RECORDS TO USE below:

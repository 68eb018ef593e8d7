// The types of an extraction, and what the definitions promise.
#![tactic(auto)]

ghost use Rattle.std.specs.Prelude.{◌≡◌};
ghost use Rattle.html2text.specs.declared.ExtractError.TheVariants.{Refused};

pub mod theorems;

use sheet::verdict::SheetError;

// "list levels to 1,024; open rows to 1,024"
pub const MOST_LEVELS: usize = 1024;

pub const MOST_OPEN_ROWS: usize = 1024;

// `ExtractNode` of html2text.rs, with the number of its tag, and without its text.
#[derive(Clone, Copy, Debug, PartialEq, Eq)]
pub struct ExtractNode {
    pub depth: usize,
    pub pre_depth: usize,
    pub tag: u8,
    pub has_children: bool,
    pub collapse_margins: bool,
    pub block: bool,
    pub big_block: bool,
    pub end: bool,
    pub escape: bool,
}

// How the text of an entry is shown, piece by piece: of a cell's end nothing; its blanks collapsed, and escaped, where so; `empty`: nothing
// was shown yet; `space`: a blank stands before the next byte, or counts as if it did.
#[derive(Clone, Copy, Debug, PartialEq, Eq)]
pub struct Showing {
    pub dropped: bool,
    pub squeeze: bool,
    pub escapes: bool,
    pub empty: bool,
    pub space: bool,
}

// What an extraction gives: a text's visits and length.
#[derive(Clone, Copy, Debug, PartialEq, Eq)]
pub struct Extracted {
    pub visits: usize,
    pub len: usize,
}

// Why it gives none: the sheet is refused; the line of the node whose list level or open row would be one too many; the need of a
// buffer that is too short.
#[derive(Clone, Copy, Debug, PartialEq, Eq)]
pub enum ExtractError {
    Refused(SheetError),
    ListLevels(usize),
    OpenRows(usize),
    WorkTooShort(usize),
    OutTooShort(usize),
}

impl From<SheetError> for ExtractError {
    ghost from_gives = { λ e r. r ≡ Refused e };

    fn from(e: SheetError) -> ExtractError {
        ExtractError::Refused(e)
    }
}
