// printf password | argon2 somesalt -d -t 1 -k 8 -p 1 -l 32 -r
fn tag_of_argon2d_in_one_pass()
    ensures tag { argon2_tag (record {
      kind = 0;
      version = 0x13;
      passes = 1;
      lanes = 1;
      memory_kib = 8;
      tag_len = 32;
      salt_len = 8;
      password_len = 8;
    }) (record {
      password = codes "password";
      salt = codes "somesalt";
      secret = [];
      associated = [];
    }) ≡
        0xC5 ∷ 0x19 ∷ 0xE6 ∷ 0x03 ∷ 0xAC ∷ 0x60 ∷ 0x3E ∷ 0xC1 ∷
        0xAE ∷ 0xB5 ∷ 0xB7 ∷ 0x1E ∷ 0xC4 ∷ 0x4A ∷ 0x61 ∷ 0x79 ∷
        0xE3 ∷ 0xF3 ∷ 0x97 ∷ 0x5B ∷ 0x14 ∷ 0xC0 ∷ 0xC9 ∷ 0x7E ∷
        0x39 ∷ 0x14 ∷ 0xC7 ∷ 0x9E ∷ 0x63 ∷ 0x63 ∷ 0xE1 ∷ 0x78 ∷ [] }
{}

// printf password | argon2 somesalt -d -t 1 -k 8 -p 1 -l 64 -r: the longest tag of one hash
fn tag_of_64_bytes()
    ensures tag { argon2_tag (record {
      kind = 0;
      version = 0x13;
      passes = 1;
      lanes = 1;
      memory_kib = 8;
      tag_len = 64;
      salt_len = 8;
      password_len = 8;
    }) (record {
      password = codes "password";
      salt = codes "somesalt";
      secret = [];
      associated = [];
    }) ≡
        0x5E ∷ 0x85 ∷ 0x42 ∷ 0x4B ∷ 0xCC ∷ 0x54 ∷ 0x99 ∷ 0x14 ∷
        0x47 ∷ 0x99 ∷ 0x59 ∷ 0x2B ∷ 0x3C ∷ 0x49 ∷ 0x5C ∷ 0x83 ∷
        0x2E ∷ 0x35 ∷ 0xA2 ∷ 0x30 ∷ 0x9E ∷ 0x36 ∷ 0x83 ∷ 0x65 ∷
        0x78 ∷ 0x19 ∷ 0x0C ∷ 0x0F ∷ 0x5B ∷ 0x4A ∷ 0xCC ∷ 0xD3 ∷
        0xD6 ∷ 0xE2 ∷ 0x1F ∷ 0x53 ∷ 0xE1 ∷ 0xFE ∷ 0xC4 ∷ 0x57 ∷
        0x44 ∷ 0x38 ∷ 0xA1 ∷ 0x2F ∷ 0x2D ∷ 0x81 ∷ 0xB1 ∷ 0x7D ∷
        0x15 ∷ 0xA6 ∷ 0x68 ∷ 0xC2 ∷ 0x6E ∷ 0x1A ∷ 0x23 ∷ 0xFD ∷
        0x92 ∷ 0x6B ∷ 0xBA ∷ 0x58 ∷ 0x89 ∷ 0xEC ∷ 0x11 ∷ 0xE9 ∷ [] }
{}

// printf password | argon2 somesalt -d -t 1 -k 8 -p 1 -l 4 -r: the shortest tag
fn tag_of_4_bytes()
    ensures tag { argon2_tag (record {
      kind = 0;
      version = 0x13;
      passes = 1;
      lanes = 1;
      memory_kib = 8;
      tag_len = 4;
      salt_len = 8;
      password_len = 8;
    }) (record {
      password = codes "password";
      salt = codes "somesalt";
      secret = [];
      associated = [];
    }) ≡
        0x79 ∷ 0x3F ∷ 0xF6 ∷ 0x94 ∷ [] }
{}

// printf password | argon2 somesalt -id -t 2 -k 8 -p 1 -l 32 -r
fn tag_of_argon2id_in_two_passes()
    ensures tag { argon2_tag (record {
      kind = 2;
      version = 0x13;
      passes = 2;
      lanes = 1;
      memory_kib = 8;
      tag_len = 32;
      salt_len = 8;
      password_len = 8;
    }) (record {
      password = codes "password";
      salt = codes "somesalt";
      secret = [];
      associated = [];
    }) ≡
        0xFD ∷ 0xB4 ∷ 0xDD ∷ 0xB6 ∷ 0xD5 ∷ 0x88 ∷ 0x71 ∷ 0x31 ∷
        0xB6 ∷ 0x6F ∷ 0x0B ∷ 0x2A ∷ 0x37 ∷ 0x40 ∷ 0xC0 ∷ 0x77 ∷
        0xDD ∷ 0x05 ∷ 0xB7 ∷ 0x55 ∷ 0x84 ∷ 0x58 ∷ 0x61 ∷ 0xF6 ∷
        0xB5 ∷ 0xA1 ∷ 0xDD ∷ 0xE8 ∷ 0xB1 ∷ 0x07 ∷ 0x16 ∷ 0x46 ∷ [] }
{}
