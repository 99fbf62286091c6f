ghost use Rattle.std.specs.Prelude.{◌∷◌, []};
ghost use Rattle.answer_model.specs.Answer.{GivesAs, GivesBy};
ghost use Rattle.key_model.specs.SignedKey.{signatures};
ghost use Rattle.packet_model.specs.MetadataError.{cause_of};
ghost use Rattle.packet_model.specs.PacketSet.{SetTakesMemory, key_at, usable_key};
ghost use Rattle.packet_set.specs.Found.{IsFound, aes_128_key};

use crate::own_pair::{own_pair_behind, own_pair_with};
use crate::pair::{begins_pair, pair_of};
use crate::ring::Ring;
use crate::wrapping::unwrap;
use packet_model::{AES_128, BadCause, MetadataError, Pair, SET_OFFSET};
use secret_key::Fek;
use std::alloc::Global;

/// A file key, and the signature of the key that wraps it. The file key has to be spent.
#[derive(Debug)]
pub struct Found {
    /// The file key.
    pub fek: Fek,
    /// The signature of the pair from which it comes.
    pub signature: [u8; 8],
}

/// The file key of a set of packets, the octets of a file's metadata from [`SET_OFFSET`] on: that of the first pair with a signature
/// of the ring. `NoPacket`, `Tag1`, `Packet`, `WrongKey` and `Cipher` come in this order; the whole set is read before a key is
/// looked for. Memory runs out only where the set begins with a tag 3 packet.
pub fn find_key<R: Ring>(alloc: Global, octets: &[u8], ring: &R) -> Result<Found, MetadataError>
    ensures { GivesBy (IsFound (R.ring ring.now)) cause_of (SetTakesMemory octets.now) result (key_at (signatures (R.ring ring.now)) octets.now) }
{
    let wrapped = wrapped_key_of(alloc, octets, &ring.signature())?;
    Ok(Found {
        fek: unwrap(ring.kek(), &wrapped.octets),
        signature: wrapped.signature,
    })
}

// A file key under AES-128, wrapped, and the signature of the key that wraps it.
#[derive(Drop)]
struct Wrapped {
    signature: [u8; 8],
    octets: [u8; 16],
}

#[tactic(auto, unfolding(packet_model::specs::PacketSet::key_at))]
fn wrapped_key_of(alloc: Global, octets: &[u8], ours: &[u8; 8]) -> Result<Wrapped, MetadataError>
    ensures { GivesAs (λ w. aes_128_key w.signature w.octets) cause_of (SetTakesMemory octets.now) result (key_at (ours.now ∷ []) octets.now) }
{
    if !begins_pair(octets) {
        return Err(MetadataError::Bad(BadCause::NoPacket));
    }
    let (first, used) = pair_of(alloc, SET_OFFSET, octets)?;
    let theirs = first.tag11.signature;
    let own = own_pair_with(None, first, ours);
    match own_pair_behind(alloc, SET_OFFSET + used, &octets[used..], own, ours)? {
        None => Err(MetadataError::Bad(BadCause::WrongKey(theirs, *ours))),
        Some(pair) => usable_wrapped_key(&pair),
    }
}

fn usable_wrapped_key(pair: &Pair) -> Result<Wrapped, MetadataError>
    // It takes no memory.
    ensures { GivesAs (λ w. aes_128_key w.signature w.octets) cause_of ⊥ result (usable_key pair.now) }
{
    let wrapped = pair.tag3.wrapped.as_slice();
    if pair.tag3.cipher != AES_128 || wrapped.len() != 16 {
        return Err(MetadataError::Bad(BadCause::Cipher(pair.tag3.cipher)));
    }
    let mut octets = [0; 16];
    octets.copy_from_slice(wrapped);
    Ok(Wrapped {
        signature: pair.tag11.signature,
        octets,
    })
}
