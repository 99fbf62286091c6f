// A file key is one block of AES (FIPS 197) under ECB (SP 800-38A, 6.1), by the first octets of the key-encryption key.
ghost use Rattle.std.specs.Prelude.{◌≡◌, ℕ, List, take};
ghost use Rattle.octet_model.specs.Octets.{AreOctets};
ghost use Rattle.packet_model.specs.FileKey.{IsFileKey};

use aes_block::RoundKeys;
use cbc_mode::{ecb_decrypt, ecb_encrypt};
use secret_key::{Fek, Kek};

/// The file key that this key-encryption key wraps so. It has to be spent.
pub fn unwrap(kek: &Kek, wrapped: &[u8; 16]) -> Fek
    ensures { IsFileKey kek.now wrapped.now result }
{
    let mut octets = *wrapped;
    ecb_decrypt(&wrapping_keys(kek), &mut octets);
    Fek::new(octets)
}

/// The file key as this key-encryption key wraps it.
pub fn wrap(kek: &Kek, fek: &Fek) -> [u8; 16]
    ensures { IsFileKey kek.now result fek.now }
{
    let mut octets = [0; 16];
    octets.copy_from_slice(fek.octets());
    ecb_encrypt(&wrapping_keys(kek), &mut octets);
    octets
}

/// A wrapped key is that of one file key, and a file key is wrapped in one way: so [`wrap`] and [`unwrap`] undo each other.
pub fn wrapping_is_one_to_one()
    ensures one_key { (kek wrapped key other : List ℕ) → AreOctets key → AreOctets other
        → IsFileKey kek wrapped key → IsFileKey kek wrapped other → key ≡ other }
    ensures one_wrapping { (kek wrapped other key : List ℕ) → IsFileKey kek wrapped key → IsFileKey kek other key → wrapped ≡ other }
{}

fn wrapping_keys(kek: &Kek) -> RoundKeys
    ensures { result ≡ take 16 kek.now }
{
    let mut key = [0; 16];
    key.copy_from_slice(&kek.octets()[..16]);
    RoundKeys::new(&key)
}
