ghost use Rattle.std.specs.Prelude.{◌≡◌, ℕ, List, Ok};
ghost use Rattle.octet_model.specs.Octets.{AreOctets};
ghost use Rattle.packet_model.specs.declared.packet.Pair.{Pair};
ghost use Rattle.packet_model.specs.PacketSet.{pairs_from, IsSet};

/// What is spelled as a set of pairs is read as these pairs, whatever their skipped fields are and whatever stands behind
/// the set's end; and what is read as pairs is spelled so.
pub fn sets_are_read_as_spelled()
    ensures again { (pairs : List Pair) (offset : ℕ) (octets : List ℕ) → IsSet pairs octets → pairs_from offset octets ≡ Ok pairs }
    ensures found { (pairs : List Pair) (offset : ℕ) (octets : List ℕ) → AreOctets octets → pairs_from offset octets ≡ Ok pairs → IsSet pairs octets }
{}
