// One pair of packets.
ghost use Rattle.std.specs.Prelude.{◌≡◌, ◌<◌, ◌≤◌, ◌+◌, ◌^◌, length, IfOk};
ghost use Rattle.answer_model.specs.Answer.{GivesAs};
ghost use Rattle.packet_model.specs.MetadataError.{cause_of};
ghost use Rattle.packet_model.specs.PacketSet.{pair_at, at_offset, begins_pair as pair_test, begins_tag1 as tag1_test, SetTakesMemory};
ghost use Rattle.packet_model.specs.FrontPacket.{tag3_at, tag11_at};

use packet_model::{BadCause, MetadataError, PacketError, Pair, TAG1, TAG3, TAG11};
use std::alloc::Global;
use tag3_packet::{Tag3, read_tag3};
use tag11_packet::{Tag11, read_tag11};

/// Whether a pair, or a packet in its place, begins here.
pub fn begins_pair(octets: &[u8]) -> bool
    ensures { result ≡ pair_test octets.now }
{
    match octets {
        [] => false,
        [first, ..] => *first == TAG3 || *first == TAG11 || *first == TAG1,
    }
}

fn begins_tag1(octets: &[u8]) -> bool
    ensures { result ≡ tag1_test octets.now }
{
    match octets {
        [] => false,
        [first, ..] => *first == TAG1,
    }
}

fn key_packet(alloc: Global, offset: usize, octets: &[u8]) -> Result<(Tag3, usize), MetadataError>
    ensures packet { GivesAs (λ x. x) cause_of (SetTakesMemory octets.now) result (at_offset offset (tag3_at octets.now)) }
    ensures within { IfOk result (λ x. (0 < x.1) × (x.1 ≤ length octets.now)) }
{
    match read_tag3(alloc, octets) {
        Ok(found) => Ok(found),
        Err(PacketError::Bad) => Err(MetadataError::Bad(BadCause::Packet(offset))),
        Err(PacketError::Memory) => Err(MetadataError::Memory),
    }
}

fn signature_packet(offset: usize, octets: &[u8]) -> Result<(Tag11, usize), MetadataError>
    ensures packet { GivesAs (λ x. x) cause_of ⊥ result (at_offset offset (tag11_at octets.now)) }
    ensures within { IfOk result (λ x. x.1 ≤ length octets.now) }
{
    match read_tag11(octets) {
        Ok(found) => Ok(found),
        Err(_) => Err(MetadataError::Bad(BadCause::Packet(offset))),
    }
}

/// The pair at this offset, and how many octets it has.
#[tactic(auto, unfolding(packet_model::specs::PacketSet::pair_at))]
pub fn pair_of(alloc: Global, offset: usize, octets: &[u8]) -> Result<(Pair, usize), MetadataError>
    requires { offset + length octets.now < 2 ^ 64 }
    ensures pair { GivesAs (λ x. x) cause_of (SetTakesMemory octets.now) result (pair_at offset octets.now) }
    ensures within { IfOk result (λ x. (0 < x.1) × (x.1 ≤ length octets.now)) }
{
    if begins_tag1(octets) {
        return Err(MetadataError::Bad(BadCause::Tag1(offset)));
    }
    let (tag3, key) = key_packet(alloc, offset, octets)?;
    let (tag11, signature) = signature_packet(offset + key, &octets[key..])?;
    Ok((Pair { tag3, tag11 }, key + signature))
}
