// The pair of a set that has a signature of ours.
ghost use Rattle.std.specs.Prelude.{◌≡◌, ◌<◌, ◌+◌, ◌^◌, ◌∷◌, [], ⊤, length};
ghost use Rattle.answer_model.specs.Answer.{GivesAs};
ghost use Rattle.packet_model.specs.MetadataError.{cause_of};
ghost use Rattle.packet_model.specs.PacketSet.{pairs_from};
ghost use Rattle.packet_set.specs.OwnPair.{own_pair_with as first_own_pair, own_pair_behind as first_own_pair_behind};

use crate::pair::{begins_pair, pair_of};
use packet_model::{MetadataError, Pair};
use std::alloc::Global;

/// The first pair with this signature, behind one more pair.
pub fn own_pair_with(own: Option<Pair>, pair: Pair, ours: &[u8; 8]) -> Option<Pair>
    ensures { result ≡ first_own_pair (ours.now ∷ []) own pair }
{
    match own {
        Some(first) => Some(first),
        None => {
            if *ours == pair.tag11.signature {
                Some(pair)
            } else {
                None
            }
        }
    }
}

/// The first pair with this signature, behind all pairs from this offset on. The whole set is read.
pub fn own_pair_behind(
    alloc: Global,
    offset: usize,
    octets: &[u8],
    first: Option<Pair>,
    ours: &[u8; 8],
) -> Result<Option<Pair>, MetadataError>
    requires { offset + length octets.now < 2 ^ 64 }
    ensures { GivesAs (λ own. own) cause_of ⊤ result (first_own_pair_behind (ours.now ∷ []) first (pairs_from offset octets.now)) }
{
    let mut own = first;
    let mut offset = offset;
    let mut rest = octets;
    'pairs: while begins_pair(rest) {
        let (pair, used) = pair_of(alloc, offset, rest)?;
        own = own_pair_with(own, pair, ours);
        offset += used;
        rest = &rest[used..];
    }
    Ok(own)
}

End of RECORDS TO USE.

### WHAT YOU ARE ASKED TO DO
Work out how many lines in the entries contain the string "Option", then reply with that number and nothing more.

### WRITTEN RESPONSE
3